- _TASK REQUIREMENTS_:
Determine how many lines in the records below contain "each", then state that number alone.

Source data
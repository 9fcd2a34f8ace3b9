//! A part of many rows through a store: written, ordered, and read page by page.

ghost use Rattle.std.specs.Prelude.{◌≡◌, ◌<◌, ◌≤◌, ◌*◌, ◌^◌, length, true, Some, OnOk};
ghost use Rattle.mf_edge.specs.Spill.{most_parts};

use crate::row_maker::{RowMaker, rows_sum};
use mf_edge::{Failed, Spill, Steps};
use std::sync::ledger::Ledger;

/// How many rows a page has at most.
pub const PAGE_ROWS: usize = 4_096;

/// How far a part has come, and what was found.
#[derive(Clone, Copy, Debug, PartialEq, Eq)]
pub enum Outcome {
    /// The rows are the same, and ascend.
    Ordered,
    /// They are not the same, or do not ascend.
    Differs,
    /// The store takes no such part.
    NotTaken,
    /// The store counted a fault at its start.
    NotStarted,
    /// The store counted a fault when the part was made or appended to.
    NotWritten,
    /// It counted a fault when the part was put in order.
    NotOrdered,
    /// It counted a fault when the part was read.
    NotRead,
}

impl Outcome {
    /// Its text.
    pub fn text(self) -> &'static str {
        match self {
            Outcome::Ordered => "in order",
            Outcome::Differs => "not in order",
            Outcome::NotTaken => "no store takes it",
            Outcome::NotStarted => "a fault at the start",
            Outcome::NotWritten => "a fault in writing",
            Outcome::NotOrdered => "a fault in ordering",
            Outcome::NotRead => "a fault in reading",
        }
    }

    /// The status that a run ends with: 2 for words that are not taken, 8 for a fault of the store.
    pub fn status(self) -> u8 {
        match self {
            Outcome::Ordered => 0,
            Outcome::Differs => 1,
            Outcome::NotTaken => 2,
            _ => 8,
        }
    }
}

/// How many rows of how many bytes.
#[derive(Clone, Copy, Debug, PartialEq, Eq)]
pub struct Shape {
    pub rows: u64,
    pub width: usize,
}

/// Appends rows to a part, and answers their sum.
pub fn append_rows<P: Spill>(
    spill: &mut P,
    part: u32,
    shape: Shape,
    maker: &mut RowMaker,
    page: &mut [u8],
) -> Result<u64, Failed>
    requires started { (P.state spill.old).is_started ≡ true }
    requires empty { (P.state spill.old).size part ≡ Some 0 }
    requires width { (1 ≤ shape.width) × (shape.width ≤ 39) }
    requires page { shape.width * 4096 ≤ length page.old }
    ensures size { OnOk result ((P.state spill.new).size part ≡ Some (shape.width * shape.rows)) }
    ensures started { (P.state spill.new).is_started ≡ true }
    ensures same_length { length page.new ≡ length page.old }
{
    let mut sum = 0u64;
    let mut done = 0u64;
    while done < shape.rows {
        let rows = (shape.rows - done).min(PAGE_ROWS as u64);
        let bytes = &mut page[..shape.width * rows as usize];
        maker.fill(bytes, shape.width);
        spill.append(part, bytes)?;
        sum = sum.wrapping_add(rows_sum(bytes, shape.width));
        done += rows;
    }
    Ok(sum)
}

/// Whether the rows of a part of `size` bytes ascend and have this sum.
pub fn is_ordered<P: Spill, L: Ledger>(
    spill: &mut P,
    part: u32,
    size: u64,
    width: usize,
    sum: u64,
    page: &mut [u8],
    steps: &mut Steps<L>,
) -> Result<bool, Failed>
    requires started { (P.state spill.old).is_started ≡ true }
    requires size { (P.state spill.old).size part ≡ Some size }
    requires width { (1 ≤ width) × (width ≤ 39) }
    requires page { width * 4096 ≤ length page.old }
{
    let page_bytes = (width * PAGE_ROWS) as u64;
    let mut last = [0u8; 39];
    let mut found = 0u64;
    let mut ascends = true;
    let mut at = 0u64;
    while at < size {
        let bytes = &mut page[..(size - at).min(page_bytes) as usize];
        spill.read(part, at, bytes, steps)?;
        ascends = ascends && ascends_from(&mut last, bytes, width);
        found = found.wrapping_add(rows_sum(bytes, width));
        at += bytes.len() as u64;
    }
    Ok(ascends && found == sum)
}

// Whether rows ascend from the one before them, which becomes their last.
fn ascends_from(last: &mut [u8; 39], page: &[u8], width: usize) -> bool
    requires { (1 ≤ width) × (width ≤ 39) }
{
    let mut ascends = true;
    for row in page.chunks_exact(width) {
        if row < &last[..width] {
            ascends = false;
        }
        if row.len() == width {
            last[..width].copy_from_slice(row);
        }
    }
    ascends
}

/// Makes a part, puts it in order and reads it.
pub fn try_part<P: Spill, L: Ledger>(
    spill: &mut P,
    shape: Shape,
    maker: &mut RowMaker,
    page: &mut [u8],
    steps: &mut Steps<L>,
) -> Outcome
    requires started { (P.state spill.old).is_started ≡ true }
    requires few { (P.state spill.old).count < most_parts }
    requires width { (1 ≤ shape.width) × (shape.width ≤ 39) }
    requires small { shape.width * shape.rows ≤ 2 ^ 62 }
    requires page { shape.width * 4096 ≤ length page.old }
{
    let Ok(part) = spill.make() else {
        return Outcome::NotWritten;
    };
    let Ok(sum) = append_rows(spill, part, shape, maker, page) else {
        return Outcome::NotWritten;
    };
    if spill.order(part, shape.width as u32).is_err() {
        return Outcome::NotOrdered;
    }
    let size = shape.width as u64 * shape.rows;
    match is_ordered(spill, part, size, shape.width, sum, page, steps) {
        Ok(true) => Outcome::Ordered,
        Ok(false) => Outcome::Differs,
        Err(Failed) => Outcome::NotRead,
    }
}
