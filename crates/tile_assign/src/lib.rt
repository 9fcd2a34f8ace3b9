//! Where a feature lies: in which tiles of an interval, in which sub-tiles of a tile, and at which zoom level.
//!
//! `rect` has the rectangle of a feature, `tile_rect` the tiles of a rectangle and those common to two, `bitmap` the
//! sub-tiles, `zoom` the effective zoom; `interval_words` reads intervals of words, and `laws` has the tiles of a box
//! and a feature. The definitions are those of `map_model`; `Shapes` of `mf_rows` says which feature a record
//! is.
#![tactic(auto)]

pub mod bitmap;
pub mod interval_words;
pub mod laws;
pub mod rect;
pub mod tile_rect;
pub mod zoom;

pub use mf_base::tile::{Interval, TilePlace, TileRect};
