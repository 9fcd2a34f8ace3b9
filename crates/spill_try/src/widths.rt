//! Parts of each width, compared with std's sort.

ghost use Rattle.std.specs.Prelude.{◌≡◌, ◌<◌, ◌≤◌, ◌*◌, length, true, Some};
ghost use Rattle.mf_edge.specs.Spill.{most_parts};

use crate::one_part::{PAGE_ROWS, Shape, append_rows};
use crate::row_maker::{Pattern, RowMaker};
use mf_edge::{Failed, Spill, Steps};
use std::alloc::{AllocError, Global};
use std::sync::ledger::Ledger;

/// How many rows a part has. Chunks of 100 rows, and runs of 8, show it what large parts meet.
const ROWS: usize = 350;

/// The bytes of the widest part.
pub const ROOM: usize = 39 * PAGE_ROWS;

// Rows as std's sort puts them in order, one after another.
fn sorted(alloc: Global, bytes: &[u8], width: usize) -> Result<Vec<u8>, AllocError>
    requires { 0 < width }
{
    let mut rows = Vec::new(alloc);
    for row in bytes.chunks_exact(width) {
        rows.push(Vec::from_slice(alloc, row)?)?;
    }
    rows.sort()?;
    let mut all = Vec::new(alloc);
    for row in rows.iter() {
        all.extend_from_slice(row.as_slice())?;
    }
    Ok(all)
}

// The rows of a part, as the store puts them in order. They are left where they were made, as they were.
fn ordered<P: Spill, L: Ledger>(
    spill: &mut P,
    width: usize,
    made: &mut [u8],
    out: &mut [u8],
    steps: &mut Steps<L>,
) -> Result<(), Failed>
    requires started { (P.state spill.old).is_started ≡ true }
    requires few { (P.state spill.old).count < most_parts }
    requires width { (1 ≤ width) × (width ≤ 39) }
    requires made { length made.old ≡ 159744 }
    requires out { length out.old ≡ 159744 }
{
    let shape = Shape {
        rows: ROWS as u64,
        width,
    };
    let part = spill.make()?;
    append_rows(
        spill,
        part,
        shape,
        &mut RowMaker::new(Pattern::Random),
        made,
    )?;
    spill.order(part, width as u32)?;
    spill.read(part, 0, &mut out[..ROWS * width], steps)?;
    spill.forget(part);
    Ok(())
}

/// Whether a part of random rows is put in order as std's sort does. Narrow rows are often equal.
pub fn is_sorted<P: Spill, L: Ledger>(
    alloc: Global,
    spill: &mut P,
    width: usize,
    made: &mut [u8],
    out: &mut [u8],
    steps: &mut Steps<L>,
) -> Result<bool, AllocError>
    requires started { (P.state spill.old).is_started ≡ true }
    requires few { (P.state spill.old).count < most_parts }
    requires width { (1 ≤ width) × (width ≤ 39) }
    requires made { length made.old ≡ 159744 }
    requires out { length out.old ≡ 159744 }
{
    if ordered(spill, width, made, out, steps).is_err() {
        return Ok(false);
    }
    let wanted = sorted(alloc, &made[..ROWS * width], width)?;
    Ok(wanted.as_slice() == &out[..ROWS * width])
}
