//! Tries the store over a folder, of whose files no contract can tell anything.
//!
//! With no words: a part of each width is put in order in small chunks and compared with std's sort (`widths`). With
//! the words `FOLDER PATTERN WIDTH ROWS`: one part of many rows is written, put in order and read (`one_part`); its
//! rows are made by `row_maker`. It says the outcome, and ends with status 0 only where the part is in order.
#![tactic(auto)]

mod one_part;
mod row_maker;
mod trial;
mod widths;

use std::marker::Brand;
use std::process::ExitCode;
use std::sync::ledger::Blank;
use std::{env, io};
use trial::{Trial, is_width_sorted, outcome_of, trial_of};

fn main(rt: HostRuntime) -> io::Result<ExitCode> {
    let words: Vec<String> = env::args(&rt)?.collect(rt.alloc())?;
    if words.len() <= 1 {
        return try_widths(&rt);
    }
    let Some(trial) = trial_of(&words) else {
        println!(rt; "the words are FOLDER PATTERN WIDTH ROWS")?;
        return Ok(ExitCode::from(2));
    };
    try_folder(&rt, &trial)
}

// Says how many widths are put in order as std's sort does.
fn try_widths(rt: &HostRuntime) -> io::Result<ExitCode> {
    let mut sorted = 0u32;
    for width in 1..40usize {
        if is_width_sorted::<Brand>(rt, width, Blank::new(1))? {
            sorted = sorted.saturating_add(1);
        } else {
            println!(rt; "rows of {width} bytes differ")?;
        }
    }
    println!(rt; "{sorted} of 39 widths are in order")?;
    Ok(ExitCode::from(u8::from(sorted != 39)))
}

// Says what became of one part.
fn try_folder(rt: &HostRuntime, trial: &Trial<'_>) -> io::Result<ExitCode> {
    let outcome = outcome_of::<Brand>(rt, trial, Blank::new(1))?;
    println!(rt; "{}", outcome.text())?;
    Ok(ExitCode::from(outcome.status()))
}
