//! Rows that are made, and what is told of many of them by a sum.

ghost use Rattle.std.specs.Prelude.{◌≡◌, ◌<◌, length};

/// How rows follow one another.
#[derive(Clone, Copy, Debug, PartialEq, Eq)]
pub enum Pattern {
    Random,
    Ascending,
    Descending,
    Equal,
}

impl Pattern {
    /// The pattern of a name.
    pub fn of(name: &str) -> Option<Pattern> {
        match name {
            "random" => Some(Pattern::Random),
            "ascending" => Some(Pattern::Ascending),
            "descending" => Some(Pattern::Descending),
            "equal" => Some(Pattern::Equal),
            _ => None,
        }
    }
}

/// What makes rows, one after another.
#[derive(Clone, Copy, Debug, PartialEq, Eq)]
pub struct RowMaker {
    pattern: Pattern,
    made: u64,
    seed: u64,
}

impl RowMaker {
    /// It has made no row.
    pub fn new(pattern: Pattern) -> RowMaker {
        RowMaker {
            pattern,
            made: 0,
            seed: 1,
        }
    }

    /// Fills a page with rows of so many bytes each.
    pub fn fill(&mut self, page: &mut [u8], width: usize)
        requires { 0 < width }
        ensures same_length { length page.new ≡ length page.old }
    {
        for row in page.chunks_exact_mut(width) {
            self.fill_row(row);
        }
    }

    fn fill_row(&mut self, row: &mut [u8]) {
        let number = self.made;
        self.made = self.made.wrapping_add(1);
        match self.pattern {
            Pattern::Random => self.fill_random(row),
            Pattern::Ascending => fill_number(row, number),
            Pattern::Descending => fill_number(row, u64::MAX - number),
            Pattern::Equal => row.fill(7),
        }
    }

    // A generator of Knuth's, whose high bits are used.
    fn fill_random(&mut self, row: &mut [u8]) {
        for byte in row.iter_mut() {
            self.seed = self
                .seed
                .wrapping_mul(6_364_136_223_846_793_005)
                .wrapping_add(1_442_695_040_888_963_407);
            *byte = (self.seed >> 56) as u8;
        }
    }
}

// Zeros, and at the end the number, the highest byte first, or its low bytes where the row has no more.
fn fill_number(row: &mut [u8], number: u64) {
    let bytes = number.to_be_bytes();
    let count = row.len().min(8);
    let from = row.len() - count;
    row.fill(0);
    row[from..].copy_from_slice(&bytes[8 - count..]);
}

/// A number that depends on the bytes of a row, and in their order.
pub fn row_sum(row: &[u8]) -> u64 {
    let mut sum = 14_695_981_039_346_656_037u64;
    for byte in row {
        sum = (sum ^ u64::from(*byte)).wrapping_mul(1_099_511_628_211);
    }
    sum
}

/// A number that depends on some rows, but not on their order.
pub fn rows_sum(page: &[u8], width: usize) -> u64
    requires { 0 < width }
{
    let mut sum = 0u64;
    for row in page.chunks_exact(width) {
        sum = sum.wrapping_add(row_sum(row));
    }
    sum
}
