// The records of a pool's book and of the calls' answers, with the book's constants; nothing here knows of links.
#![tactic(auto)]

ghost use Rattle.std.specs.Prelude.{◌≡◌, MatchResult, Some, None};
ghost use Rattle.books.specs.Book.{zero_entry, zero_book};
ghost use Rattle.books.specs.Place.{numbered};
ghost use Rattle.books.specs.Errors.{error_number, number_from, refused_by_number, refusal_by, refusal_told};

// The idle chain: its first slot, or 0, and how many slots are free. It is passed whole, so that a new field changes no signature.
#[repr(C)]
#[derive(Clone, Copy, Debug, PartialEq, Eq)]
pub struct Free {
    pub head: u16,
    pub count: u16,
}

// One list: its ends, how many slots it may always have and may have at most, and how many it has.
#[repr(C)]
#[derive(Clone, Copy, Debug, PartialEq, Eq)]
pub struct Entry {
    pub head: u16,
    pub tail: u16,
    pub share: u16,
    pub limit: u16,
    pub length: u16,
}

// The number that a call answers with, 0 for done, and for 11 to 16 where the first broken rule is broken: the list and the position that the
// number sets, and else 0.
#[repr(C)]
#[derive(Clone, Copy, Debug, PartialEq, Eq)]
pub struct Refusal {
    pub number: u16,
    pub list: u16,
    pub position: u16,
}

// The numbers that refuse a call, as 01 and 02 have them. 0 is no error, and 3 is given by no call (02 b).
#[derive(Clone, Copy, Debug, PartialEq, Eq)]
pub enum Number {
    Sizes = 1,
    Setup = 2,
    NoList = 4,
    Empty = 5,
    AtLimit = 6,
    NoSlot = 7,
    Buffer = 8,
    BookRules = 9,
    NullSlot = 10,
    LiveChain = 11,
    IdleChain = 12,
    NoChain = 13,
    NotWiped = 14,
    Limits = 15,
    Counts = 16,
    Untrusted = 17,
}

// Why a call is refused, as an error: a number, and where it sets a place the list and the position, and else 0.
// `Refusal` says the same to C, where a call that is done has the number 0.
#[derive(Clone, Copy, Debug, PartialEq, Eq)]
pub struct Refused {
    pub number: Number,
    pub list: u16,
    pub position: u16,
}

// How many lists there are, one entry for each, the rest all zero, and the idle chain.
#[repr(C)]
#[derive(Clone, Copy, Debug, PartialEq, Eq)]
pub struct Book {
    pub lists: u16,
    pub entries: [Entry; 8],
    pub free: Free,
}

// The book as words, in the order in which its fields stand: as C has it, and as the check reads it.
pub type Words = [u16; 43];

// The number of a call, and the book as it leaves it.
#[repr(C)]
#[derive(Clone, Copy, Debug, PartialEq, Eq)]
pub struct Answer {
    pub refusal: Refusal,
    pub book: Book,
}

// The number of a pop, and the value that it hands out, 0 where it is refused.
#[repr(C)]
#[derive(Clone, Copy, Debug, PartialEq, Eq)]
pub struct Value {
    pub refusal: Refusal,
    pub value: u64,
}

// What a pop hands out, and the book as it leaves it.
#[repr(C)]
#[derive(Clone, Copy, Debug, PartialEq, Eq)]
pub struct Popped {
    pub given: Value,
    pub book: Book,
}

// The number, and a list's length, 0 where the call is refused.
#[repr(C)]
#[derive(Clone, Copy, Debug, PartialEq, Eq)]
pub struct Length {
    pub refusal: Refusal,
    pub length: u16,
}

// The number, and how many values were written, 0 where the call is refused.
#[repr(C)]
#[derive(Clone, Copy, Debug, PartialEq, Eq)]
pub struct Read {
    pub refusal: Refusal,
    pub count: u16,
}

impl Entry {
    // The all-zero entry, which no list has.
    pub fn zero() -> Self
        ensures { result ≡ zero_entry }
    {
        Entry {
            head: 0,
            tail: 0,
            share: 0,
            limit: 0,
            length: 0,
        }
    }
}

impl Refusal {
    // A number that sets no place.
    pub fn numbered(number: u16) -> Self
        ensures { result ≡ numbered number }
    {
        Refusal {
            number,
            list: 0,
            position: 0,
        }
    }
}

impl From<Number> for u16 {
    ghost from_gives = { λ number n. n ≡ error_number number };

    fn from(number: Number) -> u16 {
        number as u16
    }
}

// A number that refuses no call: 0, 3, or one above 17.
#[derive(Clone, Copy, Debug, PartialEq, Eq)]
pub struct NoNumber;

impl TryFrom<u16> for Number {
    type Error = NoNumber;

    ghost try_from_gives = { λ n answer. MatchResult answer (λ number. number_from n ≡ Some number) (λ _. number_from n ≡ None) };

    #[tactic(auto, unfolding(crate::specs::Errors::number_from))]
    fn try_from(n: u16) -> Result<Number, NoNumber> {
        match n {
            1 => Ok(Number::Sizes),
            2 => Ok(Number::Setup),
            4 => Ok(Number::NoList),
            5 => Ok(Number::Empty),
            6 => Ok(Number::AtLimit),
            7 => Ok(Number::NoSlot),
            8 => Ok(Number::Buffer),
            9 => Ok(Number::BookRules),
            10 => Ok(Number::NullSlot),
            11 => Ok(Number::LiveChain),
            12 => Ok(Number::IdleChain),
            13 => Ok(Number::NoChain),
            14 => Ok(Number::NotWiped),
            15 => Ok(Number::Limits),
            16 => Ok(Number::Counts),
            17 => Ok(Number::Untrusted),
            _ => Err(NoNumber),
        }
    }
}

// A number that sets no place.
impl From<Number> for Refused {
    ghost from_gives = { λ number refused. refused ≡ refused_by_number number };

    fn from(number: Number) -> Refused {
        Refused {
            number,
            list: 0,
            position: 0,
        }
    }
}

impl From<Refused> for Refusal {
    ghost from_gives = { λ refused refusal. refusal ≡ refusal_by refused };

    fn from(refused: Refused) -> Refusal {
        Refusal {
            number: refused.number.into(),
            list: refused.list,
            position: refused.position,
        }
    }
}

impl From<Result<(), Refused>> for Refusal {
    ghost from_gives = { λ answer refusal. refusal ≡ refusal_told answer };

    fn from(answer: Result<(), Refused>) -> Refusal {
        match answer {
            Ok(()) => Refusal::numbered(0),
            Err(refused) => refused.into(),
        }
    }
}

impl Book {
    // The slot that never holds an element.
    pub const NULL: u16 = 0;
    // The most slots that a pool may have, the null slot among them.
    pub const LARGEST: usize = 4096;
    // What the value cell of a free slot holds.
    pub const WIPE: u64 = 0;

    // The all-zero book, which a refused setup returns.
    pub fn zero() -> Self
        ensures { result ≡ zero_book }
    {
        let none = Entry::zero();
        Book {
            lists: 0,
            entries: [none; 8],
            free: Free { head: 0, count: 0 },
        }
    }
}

- _YOUR SOLUTION_:
4